Ce plan est le prix à payer, selon le laboratoire, leader mondial de ce secteur, pour « pérenniser l’entreprise et assurer son avenir et celui des salariés qui restent ». Le marché hexagonal représente, en effet, près de 60 % de ses ventes. Or celles-ci ont chuté depuis le début des déremboursements (de 30 % à 15 % au 1er janvier 2020). Selon les résultats d’activité de 2019 publiés à la fin janvier, le chiffre d’affaires est tombé à 557 millions d’euros (– 8,6 %) et les ventes ont plus fortement reculé (– 12,6 %) dans l’Hexagone, avec un recul encore plus net au quatrième trimestre (− 14,9 %). Le bénéfice net, publié mercredi 11 mars, jour de l’annonce du plan, s’en ressent : il a chuté de plus de 29 % (à 40,6 millions d’euros).
« La direction nous avait avertis il y a quelques jours, mais c’est quand même un coup de massue, réagit Isabelle Fréret, responsable de la branche industrie pharmaceutique à la CFE-CGC. La direction cherche des mesures pour éviter tout débordement social, mais à moindre coût. » Les syndicats et les salariés soulignent que l’entreprise dispose encore d’une trésorerie solide de 210 millions d’euros et pointent la responsabilité du gouvernement dans cette situation.
De la « poudre de perlimpinpin »
« Il va falloir sortir des sentiers battus, a assuré Christine Place, directrice générale déléguée adjointe chargée des ressources humaines. Nous allons tout faire pour accompagner chaque salarié et travailler avec les syndicats sur deux axes : les mesures d’aide les plus adaptées permettant à chacun de retrouver un emploi dans sa région, et l’accompagnement des nombreux salariés en fin de carrière. »
Comment rebondir, alors que le déremboursement de l’homéopathie porte un coup dur à l’image de Boiron à l’étranger, où il se développe depuis des années avec une présence dans quelque cinquante pays représentant de gros marchés (Europe, Etats-Unis, Inde, Brésil…) ? Et que les granules représentent près de 95 % de son activité ? Si les autorités sanitaires françaises rejettent ces traitements, c’est bien qu’il y a un doute sur leur efficacité.

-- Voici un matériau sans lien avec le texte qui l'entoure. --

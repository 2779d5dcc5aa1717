//! Numbers from their text.
ghost use Rattle.std.specs.Prelude.{◌≡◌, ℕ, ◌+◌, ◌-◌, ◌*◌, ◌<◌, ◌≤◌, ◌^◌, ◌↔◌, decimal, IsTrue, IsFalse, IfOk, IfSome};
ghost use Rattle.std.specs.Prelude.{IsSome, SomeIff, MatchOption, length};
ghost use Rattle.std.specs.Char.{is_ascii_digit};
ghost use Rattle.std.specs.List.{list_all};
ghost use Rattle.std.specs.Str.Parse.{digits_value};
ghost use Rattle.clr_nums.specs.Numbers.{is_decimal_form, is_hex_digit, is_hex_form, hex_digit, hex16};

/// Why a text is not read as a number.
#[derive(Clone, Copy, PartialEq, Eq, Debug)]
pub enum NumFault {
    /// The text is not in the form of a decimal number.
    NotNumber,
    /// The text is in that form, and its number exceeds a `u64`.
    TooLarge,
}

/// The number that decimal digits write: one or more, with no `0` in front of others, and no sign.
///
/// `NotNumber` comes for a text of another form, and `TooLarge` for one of this form whose number
/// exceeds a `u64`.
pub fn read_dec(text: &[u8]) -> Result<u64, NumFault>
    ensures value { IfOk result (λ n. text.now ≡ decimal n) }
    ensures reads { (n : ℕ) → n < 2 ^ 64 → text.now ≡ decimal n → result ≡ Ok n }
    ensures bound { IfOk result (λ n. n < 2 ^ 64) }
    ensures not_number { (result ≡ Err NumFault.NotNumber) ↔ IsFalse (is_decimal_form text.now) }
    ensures too_large { (result ≡ Err NumFault.TooLarge) ↔
        (IsTrue (is_decimal_form text.now) × (2 ^ 64 ≤ digits_value 10 text.now)) }
{
    if !is_decimal(text) {
        return Err(NumFault::NotNumber);
    }
    number_of(text).ok_or(NumFault::TooLarge)
}

/// The number that 16 hexadecimal digits write, of `0` to `9` and `a` to `f`, and `None` for any other text.
pub fn read_hex(text: &[u8]) -> Option<u64>
    ensures value { IfSome result (λ n. text.now ≡ hex16 n) }
    ensures reads { (n : ℕ) → n < 2 ^ 64 → text.now ≡ hex16 n → result ≡ Some n }
    ensures bound { IfSome result (λ n. n < 2 ^ 64) }
    ensures some { IsSome result ↔ IsTrue (is_hex_form text.now) }
{
    if text.len() == 16 {
        hex_number(text)
    } else {
        None
    }
}

// Whether the text is in the form of a decimal number.
fn is_decimal(text: &[u8]) -> bool
    ensures { result ≡ is_decimal_form text.now }
{
    match text.first() {
        None => false,
        Some(b'0') => text.len() == 1,
        Some(_) => are_digits(text),
    }
}

fn are_digits(text: &[u8]) -> bool
    ensures { result ≡ list_all is_ascii_digit text.now }
{
    text.iter().all(|letter| letter.is_ascii_digit())
}

// The number that decimal digits write, where it fits.
fn number_of(text: &[u8]) -> Option<u64>
    requires { IsTrue (list_all is_ascii_digit text.now) }
    ensures { SomeIff result (digits_value 10 text.now < 2 ^ 64) (digits_value 10 text.now) }
{
    let mut number: u64 = 0;
    for digit in text {
        number = with_digit(number, *digit)?;
    }
    Some(number)
}

// The number with one digit more at its end. 48 is the byte of 0.
fn with_digit(number: u64, digit: u8) -> Option<u64>
    requires { 48 ≤ digit }
    ensures { SomeIff result (number * 10 + (digit - 48) < 2 ^ 64) (number * 10 + (digit - 48)) }
{
    number.checked_mul(10)?.checked_add(u64::from(digit - b'0'))
}

// The number that 16 hexadecimal digits write.
fn hex_number(text: &[u8]) -> Option<u64>
    requires { length text.now ≡ 16 }
    ensures { MatchOption result (IsFalse (is_hex_form text.now)) (λ n. (n < 2 ^ 64) × (text.now ≡ hex16 n)) }
{
    let mut number: u64 = 0;
    for letter in text {
        number = number * 16 + u64::from(hex_value(*letter)?);
    }
    Some(number)
}

fn hex_value(letter: u8) -> Option<u8>
    ensures { MatchOption result (IsFalse (is_hex_digit letter)) (λ d. (d < 16) × (letter ≡ hex_digit d)) }
{
    match letter {
        b'0'..=b'9' => Some(letter - b'0'),
        b'a'..=b'f' => Some(letter - b'a' + 10),
        _ => None,
    }
}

Il fut un temps où certains produits étaient remboursés à 65 %. C’était au début des années 1980, sur décision de la ministre des affaires sociales, Georgina Dufoix, avant que ce taux ne soit ramené à 30 %. L’homéopathie est, en effet, critiquée depuis longtemps par les dirigeants de la Caisse nationale d’assurance-maladie des travailleurs salariés, qui la considéraient comme de la « poudre de perlimpinpin ». Mais ils n’avaient jamais pu obtenir qu’une baisse du taux de remboursement.

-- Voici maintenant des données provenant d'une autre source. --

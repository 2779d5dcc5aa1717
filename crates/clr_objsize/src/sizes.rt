//! `objsize`: how many objects an object reaches by slots, and how many bytes these have.
ghost use Rattle.std.specs.Prelude.{◌≡◌, ◌≢◌, ◌↔◌, true, [], IfOk, Err, None};
ghost use Rattle.std.specs.FinMap as finmap;
ghost use Rattle.clr_types.specs.Descriptors.{offsets_from};
ghost use Rattle.clr_model.specs.Lookups.{object_at as object_of};
ghost use Rattle.clr_model.specs.Machine.{Machine};
ghost use Rattle.clr_view.specs.SlotValues.{IsObjectAt};
ghost use Rattle.clr_mark.specs.Markings.{item_references};
ghost use Rattle.clr_mark.specs.Roots.{IsRoot};
ghost use Rattle.clr_sos.specs.Reaching.{IsObjectOf, IsSound};
ghost use Rattle.clr_sos.specs.Views.{IsLawfulView, IsViewOf};
ghost use Rattle.clr_objsize.specs.Sizes.{HasTotal, IsSizeOf, NamesNone};

use clr_final::Finals;
use clr_generations::object_at;
use clr_handles::Handles;
use clr_heap::Item;
use clr_sos::{Reached, SosFault, View};
use clr_types::ReferenceRun;
use std::alloc::{AllocError, Global};

// So many references of an object are looked at before a search.
const FEW: u64 = 8;

/// How many objects there are, and how many bytes they have together.
#[derive(Clone, Copy, Debug, PartialEq, Eq)]
pub struct Total {
    pub objects: u64,
    pub bytes: u64,
}

/// What the object with the place `a` holds: the object itself, each object that a slot of it names, each that a slot
/// of these names, and so on. Each object counts once, whatever else names it. Dependent handles don't count.
///
/// `NoObject` comes exactly where no object has the place, and `NoMemory` only where there is no memory for the search.
/// An object whose type has no references, or few that are all null, is told at once. Else the search leaves the heap
/// as it is, and follows each slot of what is reached once. It reserves a bit for each word of the heap's used ranges,
/// and takes 24 bytes for each object that it finds. Where these ranges have more than 8 MiB, no more bits are cleared
/// than those of the pages in which it finds objects.
pub fn objsize(alloc: Global, view: &View<'_>, a: u64) -> Result<Total, SosFault>
    requires lawful { IsLawfulView view.now }
    ensures size { IfOk result (λ total. (m : Machine) → IsViewOf view.now m → IsSizeOf m a total) }
    ensures no_object { (m : Machine) → IsViewOf view.now m
        → ((result ≡ Err SosFault.NoObject) ↔ (object_of m.objects a ≡ None)) }
    ensures no_type { result ≢ Err SosFault.UnknownType }
{
    let Some(item) = object_at(view.heap, view.types, view.bricks, a) else {
        return Err(SosFault::NoObject);
    };
    let total = total_of(alloc, view, item)?;
    Ok(total)
}

// What an object holds. One that names none holds itself alone, and needs no search.
fn total_of(alloc: Global, view: &View<'_>, item: Item) -> Result<Total, AllocError>
    requires lawful { IsLawfulView view.now }
    requires object { IsObjectAt view.now.types.now view.now.heap.now item.place item }
    ensures { IfOk result (HasTotal view.now (λ y. y ≡ item.place)) }
{
    if names_none(view, item) {
        return Ok(Total {
            objects: 1,
            bytes: item.size,
        });
    }
    total_from(alloc, view, item.place)
}

// Whether no slot of an object names one, as a short look tells: where its type has no references, or where they are a
// run of few words, which are null. Of any other object it answers false, so that no long run is read twice.
fn names_none(view: &View<'_>, item: Item) -> bool
    requires sound { IsSound view.now }
    requires object { IsObjectAt view.now.types.now view.now.heap.now item.place item }
    ensures { result ≡ true → NamesNone view.now item.place }
{
    match view.types.reference_run(item.type_id, item.len) {
        Some(run) => run.count <= FEW && are_null(view, item, run),
        None => view.types.series(item.type_id).is_empty(),
    }
}

// Whether the references of an object are null, which are a run of words.
fn are_null(view: &View<'_>, item: Item, run: ReferenceRun) -> bool
    requires sound { IsSound view.now }
    requires object { IsObjectAt view.now.types.now view.now.heap.now item.place item }
    requires run { item_references view.now.types.now item ≡ offsets_from run.offset run.count }
    ensures { result ≡ true → NamesNone view.now item.place }
{
    let k = view.heap.segment_of(item.place);
    for j in 0..run.count {
        if view.heap.word_at(k, item.place + (run.offset + 8 * j)) != 0 {
            return false;
        }
    }
    true
}

// What the object at a place holds. That is what the locals of another view hold: of one that has the place as its only
// local, no handles and no f-reachable queue.
fn total_from(alloc: Global, view: &View<'_>, place: u64) -> Result<Total, AllocError>
    requires lawful { IsLawfulView view.now }
    requires stands { IsObjectOf view.now place }
    ensures { IfOk result (HasTotal view.now (λ y. y ≡ place)) }
{
    let locals = [place];
    let handles = Handles::new(alloc);
    let finals = Finals::new(alloc);
    let only = View {
        types: view.types,
        heap: view.heap,
        bricks: view.bricks,
        handles: &handles,
        finals: &finals,
        locals: &locals,
        limit: view.limit,
        large: view.large,
    };
    total_of_locals(alloc, &only)
}

// What the locals of a view hold that has no handles and no f-reachable queue. Each object is measured when its slots
// are followed.
fn total_of_locals(alloc: Global, view: &View<'_>) -> Result<Total, AllocError>
    requires sound { IsSound view.now }
    requires handles { view.now.handles.now ≡ finmap.empty }
    requires ready { view.now.finals.now.ready ≡ [] }
    ensures { IfOk result (HasTotal view.now (IsRoot view.now.locals.now)) }
{
    let mut reached = Reached::from_locals(alloc, view)?;
    let mut bytes = 0;
    let mut next = 0;
    while next < reached.entries.len() {
        let item = reached.follow_slots(view, next)?;
        bytes += item.size;
        next += 1;
    }
    Ok(Total {
        objects: next as u64,
        bytes,
    })
}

Elle a surtout été dénoncée par les Académies de médecine et de pharmacie et par l’ordre national des médecins, bien que de nombreux généralistes la prescrivent. En revanche, une pétition de soutien avait recueilli 1,3 million de signatures en 2018-2019. Boiron assurait alors que jusqu’à 1 000 emplois seraient menacés en France (sur 2 500) en cas de suppression des remboursements.
Pour asseoir sa décision sur des arguments médicaux, le gouvernement avait saisi la Haute Autorité de santé, à la mi-2018. Sur la base de plus de 800 études relatives aux bénéfices de l’homéopathie pour les patients, elle avait conclu qu’il n’y avait pas lieu de maintenir son remboursement, puisque son efficacité est égale à celle d’un placebo. Autrement dit, aucun service médical rendu ne serait scientifiquement prouvé. Agnès Buzyn, alors ministre de la santé, avait annoncé le déremboursement en juillet 2019.